September 15, 2021
Article
Bioinformatics

Improving Deconvolution Methods in Biology Through Open Innovation Competitions: An Application to the Connectivity Map

By: Andrea Blasco, Ted Natoli, Michael G. Endres, Rinat A. Sergeev, Steven Randazzo, Jin Hyun Paik, N.J. Maximilian Macaluso, Rajiv Narayan, Xiaodong Lu, David Peck, Karim R. Lakhani and Aravind Subramanian

Format:Print

Abstract

A recurring problem in biomedical research is how to isolate signals of distinct populations (cell types, tissues, and genes) from composite measures obtained by a single analyte or sensor. Existing computational deconvolution approaches work well in many specific settings, but they might be suboptimal in more general applications.
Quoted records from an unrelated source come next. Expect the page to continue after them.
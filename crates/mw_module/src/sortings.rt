// The sorts of operators' arguments and values.
ghost use Rattle.std.specs.Prelude.{◌≡◌, ◌++◌, IfOk};
ghost use Rattle.mw_module.specs.Sortings as spec;

use crate::machine::{Part, part_tokens};
use crate::table::Role;
use crate::word::Word;
use mw_lex::Token;
use std::alloc::{AllocError, Global};

/// A sort as it is written in a declaration of an operator.
#[derive(Drop)]
pub struct WrittenSort<'s> {
    pub name: Word<'s>,
    /// Whether the kind of the sort is meant.
    pub kind: bool,
}

// The sort that a part is, where `kinds` says that all kinds are meant.
pub fn sorting_of<'s>(kinds: bool, tokens: &'s [Token], part: Part) -> Option<WrittenSort<'s>>
    ensures { spec.seen_optional result ≡ spec.sorting_of kinds tokens.now part }
{
    match (part.role, part_tokens(tokens, part)) {
        (Role::Sort(kind), [name, ..]) => Some(WrittenSort {
            name: Word::lent(name.text.as_slice()),
            kind: kinds || kind,
        }),
        _ => None,
    }
}

// The sorts that parts are.
pub fn sortings_of<'s>(
    alloc: Global,
    kinds: bool,
    tokens: &'s [Token],
    parts: &[Part],
) -> Result<Vec<WrittenSort<'s>>, AllocError>
    ensures { IfOk result (λ v. spec.seen_sortings v.items ≡ spec.sortings_of kinds tokens.now parts.now) }
{
    let mut sortings = Vec::new(alloc);
    let mut rest = parts;
    while let [part, after @ ..] = rest {
        if let Some(sorting) = sorting_of(kinds, tokens, *part) {
            sortings.push(sorting)?;
        }
        rest = after;
    }
    Ok(sortings)
}
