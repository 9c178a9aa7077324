// What single tokens say.
ghost use Rattle.std.specs.Prelude.{◌≡◌, ◌≤◌, ◌+◌, length, drop, ℕ, List, ◌∷◌, []};
ghost use Rattle.std.specs.Char.{is_ascii_digit};
ghost use Rattle.std.specs.List.{list_all};
ghost use Rattle.std.specs.Str.{bytes_eq};
ghost use Rattle.mw_text.specs.Numerals.{are_digits as are_digits_of};
ghost use Rattle.mw_module.specs.Words as words;

use mw_lex::Token;

pub fn same(text: &[u8], word: &[u8]) -> bool
    ensures { result ≡ bytes_eq text.now word.now }
{
    text == word
}

/// Whether the token has this text.
pub fn is_word(token: &Token, word: &[u8]) -> bool
    ensures { result ≡ words.is word.now token.now }
{
    same(token.text.as_slice(), word)
}

/// How many tokens come before the first that has this text: all where none has it.
pub fn count_before(tokens: &[Token], word: &[u8]) -> usize
    ensures count { result ≡ words.count_before word.now tokens.now }
    ensures within { result ≤ length tokens.now }
{
    let mut rest = tokens;
    let mut count = 0;
    while let [token, after @ ..] = rest {
        if is_word(token, word) {
            return count;
        }
        count += 1;
        rest = after;
    }
    count
}

// The tokens from this one on.
pub fn tokens_from(tokens: &[Token], at: usize) -> &[Token]
    requires { at ≤ length tokens.now }
    ensures seen { result.now ≡ drop at tokens.now }
    ensures len { length result.now + at ≡ length tokens.now }
{
    let (_, behind) = tokens.split_at(at);
    behind
}

// A parenthesis, bracket, brace or comma.
pub fn is_punctuation(text: &[u8]) -> bool
    ensures { result ≡ words.is_punctuation_word text.now }
{
    match text {
        [b] => matches!(*b, b'(' | b')' | b'[' | b']' | b'{' | b'}' | b','),
        _ => false,
    }
}

// Whether the text begins with a quotation mark.
pub fn is_quoted(text: &[u8]) -> bool
    ensures { result ≡ words.is_quoted text.now }
{
    match text {
        [b'"', ..] => true,
        _ => false,
    }
}

// Whether an operator's name may have no piece like this.
pub fn is_no_piece(text: &[u8]) -> bool
    ensures { result ≡ words.is_no_piece text.now }
{
    match text {
        [] => true,
        [b'.'] => true,
        [b'"', ..] => true,
        [b'*', b'*', b'*', ..] => true,
        [b'-', b'-', b'-', ..] => true,
        _ => false,
    }
}

// Whether the text is a string up to its end.
pub fn is_whole_string(text: &[u8]) -> bool
    ensures { result ≡ words.is_whole_string text.now }
{
    let len = text.len();
    len >= 2 && text[0] == b'"' && text[len - 1] == b'"' && text[len - 2] != b'\\'
}

fn is_digit(byte: &u8) -> bool
    ensures { result ≡ is_ascii_digit byte.now }
{
    byte.is_ascii_digit()
}

fn all_digits(text: &[u8]) -> bool
    ensures { result ≡ list_all is_ascii_digit text.now }
{
    text.iter().all(is_digit)
}

// Whether the text is decimal digits, one at least.
#[tactic(auto, using(crate::proofs::Slices::some_digits))]
pub fn are_digits(text: &[u8]) -> bool
    ensures { result ≡ are_digits_of text.now }
{
    match text {
        [] => false,
        _ => all_digits(text),
    }
}
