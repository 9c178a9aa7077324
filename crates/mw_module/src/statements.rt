// Equations and rules.
ghost use Rattle.std.specs.Prelude.{◌≡◌, ◌<◌, ◌≤◌, ◌+◌, ◌-◌, length, reverse, option_map, IfSome, IfOk};
ghost use Rattle.std.specs.List.{list_any};
ghost use Rattle.mw_module.specs.Conditions.{seen_condition};
ghost use Rattle.mw_module.specs.Statements as statements;
ghost use Rattle.mw_module.specs.Forms as forms;

use crate::conditions::{WrittenFragment, condition_form, cut_at_if};
use crate::forms::Form;
use crate::machine::{Part, divided_at, read};
use crate::table::{Place, Read, Role, Want, Wrong};
use crate::words::{is_word, tokens_from};
use mw_lex::Token;
use std::alloc::Global;

// Whether a label stands in front.
fn has_label(tokens: &[Token]) -> bool
    ensures { result ≡ statements.has_label tokens.now }
{
    match tokens {
        [open, _, close, colon, ..] => {
            is_word(open, b"[") && is_word(close, b"]") && is_word(colon, b":")
        }
        _ => false,
    }
}

// What stands behind the label, or all where there is none.
fn unlabelled(tokens: &[Token]) -> &[Token]
    ensures { result.now ≡ statements.unlabelled tokens.now }
{
    if has_label(tokens) {
        tokens_from(tokens, 4)
    } else {
        tokens
    }
}

// How many tokens the group has that a bracket at the end closes.
fn bracket_len(tokens: &[Token]) -> Option<usize>
    ensures len { result ≡ statements.bracket_len 0 (reverse tokens.now) }
    ensures within { IfSome result (λ n. n ≤ length tokens.now) }
{
    let mut rest = tokens;
    let mut depth = 0usize;
    let mut len = 0;
    while let [before @ .., token] = rest {
        len += 1;
        if is_word(token, b"]") {
            depth += 1;
        } else if depth == 0 {
            return None;
        } else if is_word(token, b"[") {
            if depth == 1 {
                return Some(len);
            }
            depth -= 1;
        }
        rest = before;
    }
    None
}

// Whether a group begins with a word of attributes.
fn begins_attributes(group: &[Token]) -> bool
    ensures { result ≡ statements.begins_attributes group.now }
{
    match group {
        [_, word, ..] => {
            is_word(word, b"label")
                || is_word(word, b"metadata")
                || is_word(word, b"nonexec")
                || is_word(word, b"owise")
        }
        _ => false,
    }
}

// How many tokens the attributes at the end have.
fn attributes_len(tokens: &[Token]) -> usize
    ensures len { result ≡ statements.attributes_len tokens.now }
    ensures within { result ≤ length tokens.now }
{
    match bracket_len(tokens) {
        Some(len) if begins_attributes(tokens_from(tokens, tokens.len() - len)) => len,
        _ => 0,
    }
}

// The tokens of a group of this length at the end, without its brackets.
fn group_at_end(len: usize, tokens: &[Token]) -> &[Token]
    requires { len ≤ length tokens.now }
    ensures { result.now ≡ statements.group_at_end len tokens.now }
{
    if len < 2 {
        return &tokens[..0];
    }
    let group = tokens_from(tokens, tokens.len() - len);
    &group[1..len - 1]
}

// The fragments of a condition, where there is one.
fn fragments_form<'s>(
    alloc: Global,
    condition: Option<&'s [Token]>,
) -> Read<Vec<WrittenFragment<'s>>>
    ensures { IfOk result (λ r. seen_condition r ≡ forms.fragments_form (option_map (λ ts. ts.now) condition.entry)) }
{
    match condition {
        Some(tokens) => condition_form(alloc, tokens),
        None => Ok(Ok(Vec::new(alloc))),
    }
}

// The place where the left side begins.
fn left_place(rule: bool) -> Place
    ensures { result ≡ forms.left_place rule }
{
    if rule { Place::RuleLeft } else { Place::Left }
}

// Whether one of the parts is the word `owise`.
fn is_late(parts: &[Part]) -> bool
    ensures { result ≡ list_any forms.is_owise parts.now }
{
    parts.iter().any(is_owise)
}

fn is_owise(part: &Part) -> bool
    ensures { result ≡ forms.is_owise part.now }
{
    matches!(part.role, Role::Owise)
}

// Whether a statement with these attributes is executable. Equations with `owise` aren't read yet, and rules have none.
fn executable_by(alloc: Global, rule: bool, said: &[Token]) -> Read<bool>
    ensures { IfOk result (λ r. r ≡ forms.executable_by rule said.now) }
{
    let parts = match read(alloc, Place::Statement, Role::Silent, Want::Nothing, said)? {
        Ok(parts) => parts,
        Err(wrong) => return Ok(Err(wrong)),
    };
    if is_late(parts.as_slice()) {
        return Ok(Err(if rule { Wrong::Bad } else { Wrong::Unread }));
    }
    Ok(Ok(parts.is_empty()))
}

// Two sides, a condition, if there is one, and attributes.
fn sides_form<'s>(
    alloc: Global,
    rule: bool,
    sides: &'s [Token],
    condition: Option<&'s [Token]>,
    said: &[Token],
) -> Read<Form<'s>>
    ensures { IfOk result (λ r.
        forms.seen_shaped r ≡ forms.sides_form rule sides.now (option_map (λ ts. ts.now) condition.entry) said.now) }
{
    let Some((left, right)) = divided_at(alloc, left_place(rule), sides)? else {
        return Ok(Err(Wrong::Bad));
    };
    let fragments = match fragments_form(alloc, condition)? {
        Ok(fragments) => fragments,
        Err(wrong) => return Ok(Err(wrong)),
    };
    match executable_by(alloc, rule, said)? {
        Ok(executable) => Ok(Ok(Form::Statement {
            rule,
            left,
            right,
            fragments,
            executable,
        })),
        Err(wrong) => Ok(Err(wrong)),
    }
}

// What an equation or a rule, with a condition or without, states in front of these attributes.
fn stated<'s>(
    alloc: Global,
    rule: bool,
    conditional: bool,
    tokens: &'s [Token],
    said: &[Token],
) -> Read<Form<'s>>
    ensures { IfOk result (λ r. forms.seen_shaped r ≡ forms.stated rule conditional tokens.now said.now) }
{
    if !conditional {
        return sides_form(alloc, rule, tokens, None, said);
    }
    match cut_at_if(tokens) {
        Some((sides, condition)) => sides_form(alloc, rule, sides, Some(condition), said),
        None => Ok(Err(Wrong::Bad)),
    }
}

// A label, two sides, a condition where one is asked for, and attributes.
pub fn statement_form<'s>(
    alloc: Global,
    rule: bool,
    conditional: bool,
    tokens: &'s [Token],
) -> Read<Form<'s>>
    ensures { IfOk result (λ r. forms.seen_shaped r ≡ forms.statement_form rule conditional tokens.now) }
{
    let behind = unlabelled(tokens);
    let len = attributes_len(behind);
    let said = group_at_end(len, behind);
    stated(
        alloc,
        rule,
        conditional,
        &behind[..behind.len() - len],
        said,
    )
}
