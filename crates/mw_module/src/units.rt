// The units of a source.
ghost use Rattle.std.specs.Prelude.{◌≡◌, ◌<◌, length, drop, IfOk, Ok};
ghost use Rattle.mw_module.specs.Known.{UnitsAreKnown};
ghost use Rattle.mw_module.specs.Tokens.{UnitsAreOfTokens};
ghost use Rattle.mw_module.specs.Units as units;

use crate::faults::{Fault, FaultKind};
use crate::forms::Form;
use crate::kinds::{Kind, end_word, kind_of, unended};
use crate::words::{count_before, is_word, tokens_from};
use mw_lex::Token;
use std::alloc::{AllocError, Global};

/// A statement's form, with the line of the statement's first token.
#[derive(Drop)]
pub struct Lined<'s> {
    pub line: u32,
    pub form: Form<'s>,
}

/// A statement among those of several modules, with the line at which its faults are told.
#[derive(Clone, Copy)]
pub struct Stated<'u, 's> {
    pub line: u32,
    pub form: &'u Form<'s>,
}

/// A unit of a source, with the line of its first token and that token's text.
#[derive(Drop)]
pub struct Unit<'s> {
    pub line: u32,
    pub word: &'s [u8],
    /// A module's name.
    pub name: Option<&'s Token>,
    /// A module's statements, in their order.
    pub statements: Vec<Lined<'s>>,
    /// All tokens before the one that ends the unit, the first word too.
    pub tokens: &'s [Token],
}

// The statements of the body of a module of this kind, or its first fault.
fn read_body<'s>(
    alloc: Global,
    kind: Kind,
    body: &'s [Token],
) -> Result<Result<Vec<Lined<'s>>, Fault>, AllocError>
    ensures { IfOk result (λ r. units.seen_body r ≡ units.body_of kind body.now) }
{
    let mut statements = Vec::new(alloc);
    let mut rest = body;
    while let [first, ..] = rest {
        let line = first.line;
        let len = count_before(rest, b".");
        let form = match Form::of(alloc, kind, &rest[..len])? {
            Ok(form) => form,
            Err(wrong) => return Ok(Err(Fault { line, kind: wrong })),
        };
        statements.push(Lined { line, form })?;
        if len == rest.len() {
            let kind = FaultKind::BadStatement;
            return Ok(Err(Fault { line, kind }));
        }
        rest = tokens_from(rest, len + 1);
    }
    Ok(Ok(statements))
}

// What is wrong with a module's name and what stands behind it.
fn head_fault(name: &Token, behind: &[Token]) -> Option<FaultKind>
    ensures { result ≡ units.head_fault name.now behind.now }
{
    if is_word(name, b"{") {
        return Some(FaultKind::NotInProfile);
    }
    match behind {
        [token, ..] if is_word(token, b"is") => None,
        _ if count_before(behind, b"{") < count_before(behind, b"is") => {
            Some(FaultKind::NotInProfile)
        }
        _ => Some(FaultKind::BadStatement),
    }
}

// A module of this kind, by its first token, what stands behind it, and all its tokens.
fn read_module<'s>(
    alloc: Global,
    kind: Kind,
    tokens: &'s [Token],
    first: &'s Token,
    behind_word: &'s [Token],
) -> Result<Result<Unit<'s>, Fault>, AllocError>
    ensures { IfOk result (λ r. units.seen_outcome r ≡ units.module_behind kind tokens.now first.now behind_word.now) }
{
    let line = first.line;
    let [name, behind @ ..] = behind_word else {
        let kind = FaultKind::BadStatement;
        return Ok(Err(Fault { line, kind }));
    };
    if let Some(wrong) = head_fault(name, behind) {
        return Ok(Err(Fault { line, kind: wrong }));
    }
    match read_body(alloc, kind, &behind[1..])? {
        Err(fault) => Ok(Err(fault)),
        Ok(statements) => Ok(Ok(Unit {
            line,
            word: first.text.as_slice(),
            name: Some(name),
            statements,
            tokens,
        })),
    }
}

// What stands behind the first token.
fn behind_first(tokens: &[Token]) -> &[Token]
    ensures { result.now ≡ drop 1 tokens.now }
{
    match tokens {
        [_, behind @ ..] => behind,
        [] => tokens,
    }
}

// A unit of this kind, by its first token and all its tokens before the last.
fn read_whole<'s>(
    alloc: Global,
    kind: Kind,
    first: &'s Token,
    tokens: &'s [Token],
) -> Result<Result<Unit<'s>, Fault>, AllocError>
    ensures { IfOk result (λ r. units.seen_outcome r ≡ units.unit_with kind first.now tokens.now) }
{
    match kind {
        Kind::Functional | Kind::System | Kind::Object => {
            read_module(alloc, kind, tokens, first, behind_first(tokens))
        }
        Kind::Proof | Kind::Command => Ok(Ok(Unit {
            line: first.line,
            word: first.text.as_slice(),
            name: None,
            statements: Vec::new(alloc),
            tokens,
        })),
        _ => Ok(Err(Fault {
            line: first.line,
            kind: FaultKind::NotInProfile,
        })),
    }
}

/// The unit that begins at this place, or what is wrong with it; and the place where the next one begins. With `proofs`
/// a unit that begins with `proof` is one of its own; else it is a command.
pub fn read_unit<'s>(
    alloc: Global,
    tokens: &'s [Token],
    at: usize,
    proofs: bool,
) -> Result<(Result<Unit<'s>, Fault>, usize), AllocError>
    requires { at < length tokens.now }
    ensures { IfOk result (λ r. units.Reads proofs tokens.now at (units.seen_outcome r.0) r.1) }
{
    let rest = tokens_from(tokens, at);
    let first = &rest[0];
    let kind = kind_of(proofs, first.text.as_slice());
    let len = count_before(rest, end_word(kind));
    if len == rest.len() {
        let fault = Fault {
            line: first.line,
            kind: unended(kind),
        };
        return Ok((Err(fault), tokens.len()));
    }
    let next = at + len + 1;
    Ok((read_whole(alloc, kind, first, &rest[..len])?, next))
}

/// The laws that the statements of a unit that was read are known, and that a unit of tokens is made of tokens.
pub fn units_are_proper()
    ensures known { UnitsAreKnown }
    ensures tokens { UnitsAreOfTokens }
{}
Here, we describe new methods that were obtained via an open innovation competition. The goal of the competition was to characterize the expression of 1,000 genes from 500 composite measurements, which constitutes the approach of a new assay, called L1000, used to scale-up the Connectivity Map (CMap)—a catalog of millions of perturbational gene expression profiles. The competition used a novel dataset of 2,200 profiles and attracted 294 competitors from 20 countries. The top-nine performing methods ranged from machine learning approaches (Convolutional Neural Networks and Random Forests) to more traditional ones (Gaussian Mixtures and k-means). These solutions were faster and more accurate than the benchmark and likely have applications beyond gene expression.

Keywords

Deconvolution; Methods; Open Innovation Competition; Genomics; Research; Innovation and Invention

Citation

Blasco, Andrea, Ted Natoli, Michael G. Endres, Rinat A. Sergeev, Steven Randazzo, Jin Hyun Paik, N.J. Maximilian Macaluso, Rajiv Narayan, Xiaodong Lu, David Peck, Karim R. Lakhani, and Aravind Subramanian. "Improving Deconvolution Methods in Biology Through Open Innovation Competitions: An Application to the Connectivity Map." Bioinformatics 37, no. 18 (September 15, 2021).